Originally Posted by *abac*
Sarihah, everything you said. Your sister sounds very much like mine.


I feel for you abac. It's one of the most painful aspects of my life, and totally out of my control.


----------



## Mommay (Jul 29, 2004)

I can write pages about the no food as punishment thing. It is one of the worst forms of control for the very fact that it is a necessity and can lead to eating disorders, etc. When dh heard about it, he was like, should we call social services? My response was that sadly enough, it is probably a more normal type of punishment than we would think, though 2 years old! Come on.

I can understand the people who say run because if it wasn't for ds, I probably would just blow her off and say it's not worth it. But I really feel duty-bound to not give up on people, again, even if they seem to be horrid. I mean ds will have horrible kids in his classroom, right? And horrible teachers. He'll have to make do.

For those of you who say that I should stick it out, is there a reason for me to do so beyond my usefulness to the other mothers? I really need a reason for myself.

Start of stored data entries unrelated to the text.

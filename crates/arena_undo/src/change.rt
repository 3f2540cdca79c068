//! A change of an arena, with what it takes to undo it.
ghost use Rattle.std.specs.Prelude.{◌≡◌, ◌+◌, ◌<◌, ◌≤◌, nat_lt, [], ◌∷◌, length, vec_len, vec_capacity};
ghost use Rattle.arena_undo.specs.Undone.{CanTake, counted_each, take_back, with_notes, TellsNewContent};

use node_arena::{Arena, Link, SlotId};

/// A change of a slot that stood at the beginning. One of a slot that was added since then is not noted: undoing cuts
/// the slot off.
#[derive(Clone, Copy)]
pub enum Change {
    /// A child of a new label was put.
    Put(SlotId, u8),
    /// A child's link was replaced. The old link is kept.
    Relinked(SlotId, u8, Link),
    /// A content was set. The old one is kept.
    Filled(SlotId, Option<Link>),
    /// An amount was counted in a bin.
    Counted(SlotId, u32, u64),
}

/// Takes the change back, where it is the last one that was made.
pub fn take_change_back(arena: &mut Arena, change: Change)
    requires { CanTake change arena.old }
    ensures { arena.new ≡ take_back change arena.old }
{
    match change {
        Change::Put(id, label) => {
            arena.drop_child(id, label);
        }
        Change::Relinked(id, label, old) => {
            arena.set_child(id, label, old);
        }
        Change::Filled(id, old) => {
            arena.set_content(id, old);
        }
        Change::Counted(id, bin, amount) => arena.table_take_many(id, bin, amount),
    }
}

/// Whether a slot stood at the beginning, when there were so many.
pub fn is_old(id: SlotId, first: usize) -> bool
    ensures { result ≡ nat_lt id.0 first }
{
    (id.0 as usize) < first
}

/// Whether a content that was set has to be noted: the slot stood at the beginning, and had another content.
pub fn is_new_content(id: SlotId, first: usize, old: Option<Link>, link: Option<Link>) -> bool
    ensures { TellsNewContent id.0 first old link result }
{
    if !is_old(id, first) {
        return false;
    }
    match (old, link) {
        (Some(old), Some(link)) => old != link,
        (None, None) => false,
        _ => true,
    }
}

/// Notes a change, if one is wanted, in the room that was taken for it.
pub fn note(changes: &mut Vec<Change>, wanted: bool, change: Change)
    requires { vec_len changes.old < vec_capacity changes.old }
    ensures noted { changes.new.items ≡ with_notes wanted (change ∷ []) changes.old.items }
    ensures room { vec_capacity changes.old ≤ vec_capacity changes.new }
{
    if !wanted {
        return;
    }
    match changes.push(change) {
        Ok(()) => {}
        Err(_) => unreachable!(),
    }
}

/// Notes a change for each amount of a run, if they are wanted, in the room that was taken for them.
pub fn note_run(changes: &mut Vec<Change>, wanted: bool, id: SlotId, run: &[(u32, u64)])
    requires { vec_len changes.old + length run.now ≤ vec_capacity changes.old }
    ensures noted { changes.new.items ≡ with_notes wanted (counted_each id run.now) changes.old.items }
    ensures room { vec_capacity changes.old ≤ vec_capacity changes.new }
{
    if !wanted {
        return;
    }
    for i in 0..run.len() {
        let (bin, amount) = run[i];
        note(changes, true, Change::Counted(id, bin, amount));
    }
}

Vermillion - But is it true diversity if I approve of whatever I'm getting? I feel that diversity is not necessarily positive as is reflected in the world at large. I know ds is young, and I would never let him alone with this mom, but I think he's not too young to know that other moms do things differently. But I agree that the way a mom treats her kids is very important in determining compatibility. I suppose that is why I'm so torn.

Sarihah - Sorry to hear about your sis. I actually have a great relationship with my sister and our kids love each other. But I have heard of sisters who can't get along, and it makes for a very unhappy situation. I can understand why you want to try to stay in her life for her kids, but what do you get out of it? Is it worthwhile for you too?

Starr - She feels the same way of me as I of her. I am as likely to take her advice as she of me. So maybe I wouldn't influence her at all except maybe to force her more the other way because she does think I'm neglectful (because I don't tell ds what to do all the time) and she probably thinks I continue to nurse ds for my own kicks.


----------



## Starr (Mar 16, 2005)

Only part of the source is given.